(Data entries)
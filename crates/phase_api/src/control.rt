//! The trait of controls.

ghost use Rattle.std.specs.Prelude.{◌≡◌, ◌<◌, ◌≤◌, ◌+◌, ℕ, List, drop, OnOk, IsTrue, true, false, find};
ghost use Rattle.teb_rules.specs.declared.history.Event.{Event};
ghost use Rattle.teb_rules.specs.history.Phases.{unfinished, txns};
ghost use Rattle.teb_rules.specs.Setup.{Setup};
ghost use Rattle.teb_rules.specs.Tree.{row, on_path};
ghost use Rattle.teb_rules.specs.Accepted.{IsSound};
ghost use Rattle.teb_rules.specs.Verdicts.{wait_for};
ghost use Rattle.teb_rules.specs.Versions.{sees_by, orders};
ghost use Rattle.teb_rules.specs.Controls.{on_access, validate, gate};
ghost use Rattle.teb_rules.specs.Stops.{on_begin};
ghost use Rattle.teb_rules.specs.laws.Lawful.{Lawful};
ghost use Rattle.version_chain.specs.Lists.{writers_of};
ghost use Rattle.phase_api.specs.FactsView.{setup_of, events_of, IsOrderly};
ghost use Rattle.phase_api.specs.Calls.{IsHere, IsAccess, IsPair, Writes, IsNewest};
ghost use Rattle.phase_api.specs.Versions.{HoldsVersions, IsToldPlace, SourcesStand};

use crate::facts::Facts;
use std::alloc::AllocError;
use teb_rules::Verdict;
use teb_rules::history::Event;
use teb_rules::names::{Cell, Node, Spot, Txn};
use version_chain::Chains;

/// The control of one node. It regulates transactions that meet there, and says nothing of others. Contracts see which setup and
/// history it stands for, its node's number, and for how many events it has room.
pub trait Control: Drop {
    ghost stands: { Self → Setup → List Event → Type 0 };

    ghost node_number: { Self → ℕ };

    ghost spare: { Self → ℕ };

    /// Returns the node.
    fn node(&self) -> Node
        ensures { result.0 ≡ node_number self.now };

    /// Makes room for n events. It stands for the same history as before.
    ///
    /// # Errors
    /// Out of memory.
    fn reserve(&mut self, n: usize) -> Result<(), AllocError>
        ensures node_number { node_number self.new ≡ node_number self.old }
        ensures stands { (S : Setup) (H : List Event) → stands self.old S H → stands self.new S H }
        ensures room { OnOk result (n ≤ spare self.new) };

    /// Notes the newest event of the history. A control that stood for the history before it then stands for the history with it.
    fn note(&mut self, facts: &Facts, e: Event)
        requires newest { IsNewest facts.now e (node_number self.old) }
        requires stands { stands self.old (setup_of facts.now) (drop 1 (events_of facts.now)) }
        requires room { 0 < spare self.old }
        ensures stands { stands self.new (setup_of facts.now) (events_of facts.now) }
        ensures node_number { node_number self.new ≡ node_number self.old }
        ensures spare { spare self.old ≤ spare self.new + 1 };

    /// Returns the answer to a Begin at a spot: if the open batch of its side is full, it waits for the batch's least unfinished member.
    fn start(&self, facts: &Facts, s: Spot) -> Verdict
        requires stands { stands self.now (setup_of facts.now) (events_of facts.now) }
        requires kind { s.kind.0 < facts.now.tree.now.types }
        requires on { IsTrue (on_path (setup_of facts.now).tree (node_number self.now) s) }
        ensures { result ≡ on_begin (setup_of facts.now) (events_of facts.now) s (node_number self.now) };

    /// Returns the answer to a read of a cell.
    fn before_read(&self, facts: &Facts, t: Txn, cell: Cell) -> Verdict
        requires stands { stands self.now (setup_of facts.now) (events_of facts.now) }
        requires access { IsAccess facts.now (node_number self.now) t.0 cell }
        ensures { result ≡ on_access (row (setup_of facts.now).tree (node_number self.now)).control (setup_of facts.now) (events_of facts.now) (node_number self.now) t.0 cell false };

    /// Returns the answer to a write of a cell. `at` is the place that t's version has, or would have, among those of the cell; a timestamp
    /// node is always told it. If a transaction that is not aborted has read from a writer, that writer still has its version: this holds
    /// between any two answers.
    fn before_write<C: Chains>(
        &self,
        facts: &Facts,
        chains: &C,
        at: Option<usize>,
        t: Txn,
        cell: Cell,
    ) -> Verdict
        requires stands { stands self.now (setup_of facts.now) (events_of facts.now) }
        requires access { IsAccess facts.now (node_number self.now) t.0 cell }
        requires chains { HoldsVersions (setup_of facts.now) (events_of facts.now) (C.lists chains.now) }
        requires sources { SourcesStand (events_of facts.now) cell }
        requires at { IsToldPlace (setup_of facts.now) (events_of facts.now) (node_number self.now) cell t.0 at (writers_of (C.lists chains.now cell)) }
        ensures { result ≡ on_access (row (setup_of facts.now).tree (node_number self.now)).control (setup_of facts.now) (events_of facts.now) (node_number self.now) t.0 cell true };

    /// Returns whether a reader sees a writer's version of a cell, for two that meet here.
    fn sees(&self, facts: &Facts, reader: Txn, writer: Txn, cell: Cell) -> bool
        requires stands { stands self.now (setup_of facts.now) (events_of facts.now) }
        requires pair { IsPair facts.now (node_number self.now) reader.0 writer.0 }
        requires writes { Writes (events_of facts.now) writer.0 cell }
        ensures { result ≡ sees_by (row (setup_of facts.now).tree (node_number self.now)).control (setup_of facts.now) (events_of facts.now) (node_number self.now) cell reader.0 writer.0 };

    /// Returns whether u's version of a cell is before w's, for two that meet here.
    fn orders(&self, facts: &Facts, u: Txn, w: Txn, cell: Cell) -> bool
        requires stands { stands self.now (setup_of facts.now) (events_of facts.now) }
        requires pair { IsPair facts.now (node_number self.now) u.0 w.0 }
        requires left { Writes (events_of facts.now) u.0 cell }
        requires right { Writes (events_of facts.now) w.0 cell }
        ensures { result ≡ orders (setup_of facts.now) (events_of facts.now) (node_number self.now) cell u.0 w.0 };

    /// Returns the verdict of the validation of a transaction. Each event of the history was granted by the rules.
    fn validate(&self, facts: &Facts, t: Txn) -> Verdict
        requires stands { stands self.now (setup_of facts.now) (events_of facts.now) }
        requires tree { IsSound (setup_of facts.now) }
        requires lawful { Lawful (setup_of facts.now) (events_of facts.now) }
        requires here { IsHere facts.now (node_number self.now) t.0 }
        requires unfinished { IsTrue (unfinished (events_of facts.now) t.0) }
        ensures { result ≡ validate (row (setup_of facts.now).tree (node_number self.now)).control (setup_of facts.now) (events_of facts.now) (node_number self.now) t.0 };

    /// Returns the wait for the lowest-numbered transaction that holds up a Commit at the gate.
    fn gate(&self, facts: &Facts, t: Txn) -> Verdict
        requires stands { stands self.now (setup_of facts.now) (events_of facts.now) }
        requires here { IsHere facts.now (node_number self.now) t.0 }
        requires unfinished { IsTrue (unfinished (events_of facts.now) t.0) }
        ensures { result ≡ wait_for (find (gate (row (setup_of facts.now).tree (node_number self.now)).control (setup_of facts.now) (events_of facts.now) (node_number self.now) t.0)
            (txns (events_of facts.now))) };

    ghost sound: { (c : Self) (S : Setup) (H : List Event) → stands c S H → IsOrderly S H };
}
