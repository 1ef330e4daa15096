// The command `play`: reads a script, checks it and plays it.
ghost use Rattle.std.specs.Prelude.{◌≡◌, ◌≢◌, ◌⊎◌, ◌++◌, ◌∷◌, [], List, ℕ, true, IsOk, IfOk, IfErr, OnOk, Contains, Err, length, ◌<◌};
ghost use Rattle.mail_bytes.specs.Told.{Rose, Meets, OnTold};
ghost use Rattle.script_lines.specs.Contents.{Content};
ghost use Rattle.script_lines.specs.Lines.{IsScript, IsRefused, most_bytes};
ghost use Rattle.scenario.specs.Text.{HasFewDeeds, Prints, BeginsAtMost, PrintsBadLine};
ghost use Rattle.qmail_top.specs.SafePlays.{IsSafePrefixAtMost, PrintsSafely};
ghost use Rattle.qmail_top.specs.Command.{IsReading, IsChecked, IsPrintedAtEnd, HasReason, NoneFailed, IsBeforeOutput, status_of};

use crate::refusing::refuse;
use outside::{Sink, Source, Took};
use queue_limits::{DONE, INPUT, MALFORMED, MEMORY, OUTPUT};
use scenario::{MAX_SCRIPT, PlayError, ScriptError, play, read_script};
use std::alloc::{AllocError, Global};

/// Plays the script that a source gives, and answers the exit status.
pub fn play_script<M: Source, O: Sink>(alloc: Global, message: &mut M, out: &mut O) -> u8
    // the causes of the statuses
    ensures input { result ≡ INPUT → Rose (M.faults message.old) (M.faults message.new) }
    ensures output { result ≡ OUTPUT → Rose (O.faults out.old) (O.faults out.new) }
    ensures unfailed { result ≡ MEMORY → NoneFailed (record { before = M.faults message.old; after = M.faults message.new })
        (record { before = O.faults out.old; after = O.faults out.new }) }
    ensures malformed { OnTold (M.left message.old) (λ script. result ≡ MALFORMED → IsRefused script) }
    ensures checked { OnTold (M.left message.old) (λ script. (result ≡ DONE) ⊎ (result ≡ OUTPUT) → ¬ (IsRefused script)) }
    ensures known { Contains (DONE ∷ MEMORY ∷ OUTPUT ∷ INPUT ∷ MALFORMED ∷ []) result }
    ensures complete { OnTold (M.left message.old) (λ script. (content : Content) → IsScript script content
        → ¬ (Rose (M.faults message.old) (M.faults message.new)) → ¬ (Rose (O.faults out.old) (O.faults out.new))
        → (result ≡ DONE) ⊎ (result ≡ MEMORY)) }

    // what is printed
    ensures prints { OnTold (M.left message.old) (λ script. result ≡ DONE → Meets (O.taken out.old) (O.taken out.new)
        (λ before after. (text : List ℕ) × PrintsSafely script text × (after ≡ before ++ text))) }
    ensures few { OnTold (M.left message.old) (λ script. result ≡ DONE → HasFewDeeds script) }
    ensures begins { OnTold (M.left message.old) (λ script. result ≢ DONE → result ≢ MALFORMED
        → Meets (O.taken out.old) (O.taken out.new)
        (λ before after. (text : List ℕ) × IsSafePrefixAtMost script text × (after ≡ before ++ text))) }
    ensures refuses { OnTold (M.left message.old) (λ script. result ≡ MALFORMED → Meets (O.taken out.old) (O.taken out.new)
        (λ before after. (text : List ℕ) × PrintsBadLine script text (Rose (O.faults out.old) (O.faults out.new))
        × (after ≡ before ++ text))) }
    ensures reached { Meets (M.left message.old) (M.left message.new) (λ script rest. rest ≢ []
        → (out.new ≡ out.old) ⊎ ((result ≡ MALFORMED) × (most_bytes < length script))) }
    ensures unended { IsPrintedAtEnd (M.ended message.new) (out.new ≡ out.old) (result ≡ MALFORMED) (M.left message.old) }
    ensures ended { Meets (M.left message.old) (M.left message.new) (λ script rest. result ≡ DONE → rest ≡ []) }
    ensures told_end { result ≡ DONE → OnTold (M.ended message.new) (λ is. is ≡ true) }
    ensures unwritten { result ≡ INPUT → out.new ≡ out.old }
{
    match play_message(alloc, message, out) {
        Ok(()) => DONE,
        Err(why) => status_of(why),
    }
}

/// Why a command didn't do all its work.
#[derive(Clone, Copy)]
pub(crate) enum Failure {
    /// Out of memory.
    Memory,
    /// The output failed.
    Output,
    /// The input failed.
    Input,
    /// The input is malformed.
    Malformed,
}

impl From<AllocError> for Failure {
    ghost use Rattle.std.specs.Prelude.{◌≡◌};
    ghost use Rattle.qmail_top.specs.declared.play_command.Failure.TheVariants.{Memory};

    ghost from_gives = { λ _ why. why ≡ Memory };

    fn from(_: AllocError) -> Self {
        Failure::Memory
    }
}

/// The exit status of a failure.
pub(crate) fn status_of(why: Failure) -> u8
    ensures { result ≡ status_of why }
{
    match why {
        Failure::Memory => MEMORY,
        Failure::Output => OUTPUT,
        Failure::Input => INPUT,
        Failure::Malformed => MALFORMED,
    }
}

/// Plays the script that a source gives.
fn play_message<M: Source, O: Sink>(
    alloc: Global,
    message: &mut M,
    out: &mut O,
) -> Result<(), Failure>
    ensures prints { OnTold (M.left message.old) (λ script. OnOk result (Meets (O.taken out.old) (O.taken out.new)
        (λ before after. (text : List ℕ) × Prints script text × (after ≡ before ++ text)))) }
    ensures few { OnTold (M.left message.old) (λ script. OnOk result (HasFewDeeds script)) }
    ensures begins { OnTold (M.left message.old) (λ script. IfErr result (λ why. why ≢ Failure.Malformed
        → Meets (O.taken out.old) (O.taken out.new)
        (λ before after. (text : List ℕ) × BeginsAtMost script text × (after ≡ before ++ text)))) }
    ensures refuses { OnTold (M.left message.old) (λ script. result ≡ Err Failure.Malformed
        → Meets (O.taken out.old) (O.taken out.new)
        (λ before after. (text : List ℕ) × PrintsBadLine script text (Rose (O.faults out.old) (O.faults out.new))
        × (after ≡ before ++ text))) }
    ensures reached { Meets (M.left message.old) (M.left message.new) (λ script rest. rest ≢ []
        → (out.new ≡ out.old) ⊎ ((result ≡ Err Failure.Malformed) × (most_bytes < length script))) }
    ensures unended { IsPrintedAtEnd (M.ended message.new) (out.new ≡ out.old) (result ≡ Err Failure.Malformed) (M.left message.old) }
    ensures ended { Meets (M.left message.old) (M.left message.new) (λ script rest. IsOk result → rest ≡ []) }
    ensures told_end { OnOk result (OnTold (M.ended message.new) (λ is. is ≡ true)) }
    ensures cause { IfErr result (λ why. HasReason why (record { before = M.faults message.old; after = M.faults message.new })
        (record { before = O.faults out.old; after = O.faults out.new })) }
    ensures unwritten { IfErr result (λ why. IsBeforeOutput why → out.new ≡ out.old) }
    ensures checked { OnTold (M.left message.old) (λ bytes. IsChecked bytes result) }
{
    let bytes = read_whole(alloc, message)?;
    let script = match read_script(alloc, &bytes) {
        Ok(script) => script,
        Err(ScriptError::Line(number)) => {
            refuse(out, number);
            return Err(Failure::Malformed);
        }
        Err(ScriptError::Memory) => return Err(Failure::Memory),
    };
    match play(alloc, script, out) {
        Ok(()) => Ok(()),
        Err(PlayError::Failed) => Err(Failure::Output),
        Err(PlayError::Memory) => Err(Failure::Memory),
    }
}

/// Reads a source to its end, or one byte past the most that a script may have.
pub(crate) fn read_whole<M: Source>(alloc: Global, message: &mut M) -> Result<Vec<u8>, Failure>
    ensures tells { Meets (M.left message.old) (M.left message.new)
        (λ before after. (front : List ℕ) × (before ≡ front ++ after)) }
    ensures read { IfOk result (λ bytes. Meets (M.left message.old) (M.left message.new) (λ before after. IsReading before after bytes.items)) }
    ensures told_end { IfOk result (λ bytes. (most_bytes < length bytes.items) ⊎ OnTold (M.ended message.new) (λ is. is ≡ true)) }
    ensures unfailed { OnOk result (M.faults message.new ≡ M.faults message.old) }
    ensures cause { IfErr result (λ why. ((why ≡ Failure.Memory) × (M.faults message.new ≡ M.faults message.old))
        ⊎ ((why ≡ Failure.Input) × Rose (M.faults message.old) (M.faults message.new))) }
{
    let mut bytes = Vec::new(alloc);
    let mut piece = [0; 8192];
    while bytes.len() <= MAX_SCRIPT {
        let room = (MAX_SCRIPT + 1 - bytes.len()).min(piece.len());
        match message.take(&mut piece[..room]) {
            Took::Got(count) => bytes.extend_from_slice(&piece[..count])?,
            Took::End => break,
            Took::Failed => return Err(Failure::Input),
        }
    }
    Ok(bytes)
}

**EXERCISE DIRECTIONS**
Exactly the lines above from the one with "why ≢ Failure.Malformed" to the one with "(λ before after. (text : List ℕ) × BeginsAtMost", both included, are to be quoted; leave the rest out.

**EXERCISE RESPONSE**
    ensures begins { OnTold (M.left message.old) (λ script. IfErr result (λ why. why ≢ Failure.Malformed
        → Meets (O.taken out.old) (O.taken out.new)
        (λ before after. (text : List ℕ) × BeginsAtMost script text × (after ≡ before ++ text)))) }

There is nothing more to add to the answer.